The entries below contain a line with "const SIZE: usize = BARE;" and a line with "impl InBytes for DecInterval". Retype exactly everything from the first down to the second, both included, and nothing else.
------------------------------
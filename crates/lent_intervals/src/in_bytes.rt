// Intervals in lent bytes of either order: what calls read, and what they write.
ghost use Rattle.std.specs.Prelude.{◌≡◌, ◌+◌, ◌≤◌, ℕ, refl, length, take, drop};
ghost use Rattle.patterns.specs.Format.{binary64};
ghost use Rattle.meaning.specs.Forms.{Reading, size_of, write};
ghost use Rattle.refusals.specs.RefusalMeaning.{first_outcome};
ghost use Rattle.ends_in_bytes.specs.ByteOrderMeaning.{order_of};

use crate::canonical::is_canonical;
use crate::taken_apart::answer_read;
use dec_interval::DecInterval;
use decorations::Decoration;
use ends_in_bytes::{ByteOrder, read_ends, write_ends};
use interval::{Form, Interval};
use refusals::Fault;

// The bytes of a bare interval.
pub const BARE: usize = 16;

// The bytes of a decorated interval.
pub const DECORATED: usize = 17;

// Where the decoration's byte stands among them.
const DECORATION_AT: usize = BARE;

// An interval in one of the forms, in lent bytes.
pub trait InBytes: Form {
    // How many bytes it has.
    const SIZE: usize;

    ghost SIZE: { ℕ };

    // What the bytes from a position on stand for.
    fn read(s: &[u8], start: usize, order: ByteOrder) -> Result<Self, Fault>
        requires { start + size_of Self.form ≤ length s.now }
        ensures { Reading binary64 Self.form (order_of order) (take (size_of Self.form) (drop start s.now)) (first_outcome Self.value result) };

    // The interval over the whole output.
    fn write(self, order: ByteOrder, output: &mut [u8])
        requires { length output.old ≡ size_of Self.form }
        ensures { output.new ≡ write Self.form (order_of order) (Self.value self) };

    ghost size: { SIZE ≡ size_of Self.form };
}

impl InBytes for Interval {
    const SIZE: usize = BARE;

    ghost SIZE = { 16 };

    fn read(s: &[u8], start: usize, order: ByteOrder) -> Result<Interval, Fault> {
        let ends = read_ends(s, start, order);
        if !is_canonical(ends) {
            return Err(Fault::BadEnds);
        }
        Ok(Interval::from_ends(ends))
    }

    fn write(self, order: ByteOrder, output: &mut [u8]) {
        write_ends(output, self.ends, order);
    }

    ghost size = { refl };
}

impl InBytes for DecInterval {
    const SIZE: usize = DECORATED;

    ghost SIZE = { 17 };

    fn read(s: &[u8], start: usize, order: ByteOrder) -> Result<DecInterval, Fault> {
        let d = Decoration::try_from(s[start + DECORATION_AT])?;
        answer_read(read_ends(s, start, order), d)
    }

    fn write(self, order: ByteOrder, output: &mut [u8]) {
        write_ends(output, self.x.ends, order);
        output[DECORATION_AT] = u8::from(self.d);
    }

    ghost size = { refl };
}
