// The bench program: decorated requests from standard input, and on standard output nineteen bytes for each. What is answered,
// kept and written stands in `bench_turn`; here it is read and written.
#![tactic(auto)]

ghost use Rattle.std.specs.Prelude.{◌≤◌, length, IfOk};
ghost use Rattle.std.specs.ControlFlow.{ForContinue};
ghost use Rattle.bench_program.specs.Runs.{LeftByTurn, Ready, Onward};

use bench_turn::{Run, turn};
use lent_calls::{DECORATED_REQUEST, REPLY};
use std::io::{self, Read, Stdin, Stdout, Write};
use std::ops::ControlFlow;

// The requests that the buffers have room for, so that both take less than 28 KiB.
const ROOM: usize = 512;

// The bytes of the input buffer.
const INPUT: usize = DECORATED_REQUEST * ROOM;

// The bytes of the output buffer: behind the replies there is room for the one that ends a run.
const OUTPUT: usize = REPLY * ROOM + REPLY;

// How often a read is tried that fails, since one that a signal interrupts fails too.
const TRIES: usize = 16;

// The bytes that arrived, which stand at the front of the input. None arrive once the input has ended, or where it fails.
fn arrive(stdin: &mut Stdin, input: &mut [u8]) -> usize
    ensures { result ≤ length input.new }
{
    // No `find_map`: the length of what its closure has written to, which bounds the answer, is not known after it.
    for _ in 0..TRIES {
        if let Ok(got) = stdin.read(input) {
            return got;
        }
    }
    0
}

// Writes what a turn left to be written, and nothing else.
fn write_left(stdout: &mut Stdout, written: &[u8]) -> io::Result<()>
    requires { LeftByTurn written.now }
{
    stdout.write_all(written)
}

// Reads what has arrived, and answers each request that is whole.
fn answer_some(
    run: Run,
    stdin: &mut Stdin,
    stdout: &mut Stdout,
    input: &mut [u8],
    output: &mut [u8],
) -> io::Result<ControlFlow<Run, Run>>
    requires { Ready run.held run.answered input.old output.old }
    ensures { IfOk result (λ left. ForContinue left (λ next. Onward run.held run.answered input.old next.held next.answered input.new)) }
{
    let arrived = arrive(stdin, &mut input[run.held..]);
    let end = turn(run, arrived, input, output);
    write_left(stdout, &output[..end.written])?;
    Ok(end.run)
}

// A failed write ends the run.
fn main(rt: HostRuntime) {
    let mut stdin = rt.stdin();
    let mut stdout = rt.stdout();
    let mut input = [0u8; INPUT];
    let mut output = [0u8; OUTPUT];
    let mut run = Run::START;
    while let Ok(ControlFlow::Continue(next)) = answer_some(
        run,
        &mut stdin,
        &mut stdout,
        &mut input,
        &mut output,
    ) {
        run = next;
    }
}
------------------------------
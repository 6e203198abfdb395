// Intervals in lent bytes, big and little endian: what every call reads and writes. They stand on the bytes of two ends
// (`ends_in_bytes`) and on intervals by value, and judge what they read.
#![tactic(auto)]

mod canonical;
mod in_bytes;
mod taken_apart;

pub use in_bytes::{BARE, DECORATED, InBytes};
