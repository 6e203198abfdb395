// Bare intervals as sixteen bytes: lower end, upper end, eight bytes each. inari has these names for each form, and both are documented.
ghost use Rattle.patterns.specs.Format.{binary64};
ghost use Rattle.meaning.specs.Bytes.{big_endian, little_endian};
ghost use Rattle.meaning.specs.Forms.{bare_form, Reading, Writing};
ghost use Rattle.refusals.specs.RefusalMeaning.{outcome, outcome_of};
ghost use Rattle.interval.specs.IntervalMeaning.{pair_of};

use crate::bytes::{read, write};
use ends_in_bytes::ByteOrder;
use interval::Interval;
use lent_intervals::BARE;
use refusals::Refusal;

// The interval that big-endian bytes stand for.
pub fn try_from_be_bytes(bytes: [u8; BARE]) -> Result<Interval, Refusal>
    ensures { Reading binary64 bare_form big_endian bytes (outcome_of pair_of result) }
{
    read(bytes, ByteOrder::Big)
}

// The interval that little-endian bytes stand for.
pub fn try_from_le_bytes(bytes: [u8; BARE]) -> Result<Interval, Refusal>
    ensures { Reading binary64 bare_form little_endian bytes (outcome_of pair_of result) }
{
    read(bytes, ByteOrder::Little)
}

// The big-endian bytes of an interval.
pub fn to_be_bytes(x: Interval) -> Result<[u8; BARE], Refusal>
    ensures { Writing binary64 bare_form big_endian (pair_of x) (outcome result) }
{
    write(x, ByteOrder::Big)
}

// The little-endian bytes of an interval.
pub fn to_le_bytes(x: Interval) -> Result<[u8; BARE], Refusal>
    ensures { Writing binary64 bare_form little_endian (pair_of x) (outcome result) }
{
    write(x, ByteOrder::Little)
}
------------------------------
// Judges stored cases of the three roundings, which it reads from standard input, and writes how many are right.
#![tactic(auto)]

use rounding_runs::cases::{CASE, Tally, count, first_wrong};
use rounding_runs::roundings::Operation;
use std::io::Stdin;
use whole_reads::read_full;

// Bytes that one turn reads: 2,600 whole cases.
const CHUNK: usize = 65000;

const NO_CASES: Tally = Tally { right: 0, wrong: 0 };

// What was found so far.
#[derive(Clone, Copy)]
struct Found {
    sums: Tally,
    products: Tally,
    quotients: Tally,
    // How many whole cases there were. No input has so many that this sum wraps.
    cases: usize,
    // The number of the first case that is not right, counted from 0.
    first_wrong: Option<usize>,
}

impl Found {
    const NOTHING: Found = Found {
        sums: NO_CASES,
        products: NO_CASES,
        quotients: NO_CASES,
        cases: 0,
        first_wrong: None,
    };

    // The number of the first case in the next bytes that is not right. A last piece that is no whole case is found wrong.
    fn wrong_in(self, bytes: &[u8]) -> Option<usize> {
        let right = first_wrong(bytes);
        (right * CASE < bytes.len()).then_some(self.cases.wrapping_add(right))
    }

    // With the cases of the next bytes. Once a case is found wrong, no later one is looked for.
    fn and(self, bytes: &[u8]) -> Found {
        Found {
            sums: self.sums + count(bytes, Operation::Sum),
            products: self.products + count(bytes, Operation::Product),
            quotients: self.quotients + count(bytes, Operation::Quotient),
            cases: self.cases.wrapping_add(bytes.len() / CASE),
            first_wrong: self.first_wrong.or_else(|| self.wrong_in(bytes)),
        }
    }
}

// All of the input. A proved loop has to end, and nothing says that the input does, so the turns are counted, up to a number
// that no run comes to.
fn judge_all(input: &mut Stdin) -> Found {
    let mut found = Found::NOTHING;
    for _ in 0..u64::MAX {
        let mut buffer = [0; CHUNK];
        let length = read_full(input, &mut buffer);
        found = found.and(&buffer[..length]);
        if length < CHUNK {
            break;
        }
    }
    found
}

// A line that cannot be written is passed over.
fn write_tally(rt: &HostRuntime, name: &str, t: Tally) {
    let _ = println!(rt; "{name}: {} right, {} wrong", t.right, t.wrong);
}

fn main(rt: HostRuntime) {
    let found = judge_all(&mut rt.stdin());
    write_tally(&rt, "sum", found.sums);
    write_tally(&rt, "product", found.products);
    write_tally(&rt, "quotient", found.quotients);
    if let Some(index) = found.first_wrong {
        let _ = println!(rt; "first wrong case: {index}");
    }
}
------------------------------
Response to the task:
    const SIZE: usize = BARE;

    ghost SIZE = { 16 };

    fn read(s: &[u8], start: usize, order: ByteOrder) -> Result<Interval, Fault> {
        let ends = read_ends(s, start, order);
        if !is_canonical(ends) {
            return Err(Fault::BadEnds);
        }
        Ok(Interval::from_ends(ends))
    }

    fn write(self, order: ByteOrder, output: &mut [u8]) {
        write_ends(output, self.ends, order);
    }

    ghost size = { refl };
}

impl InBytes for DecInterval {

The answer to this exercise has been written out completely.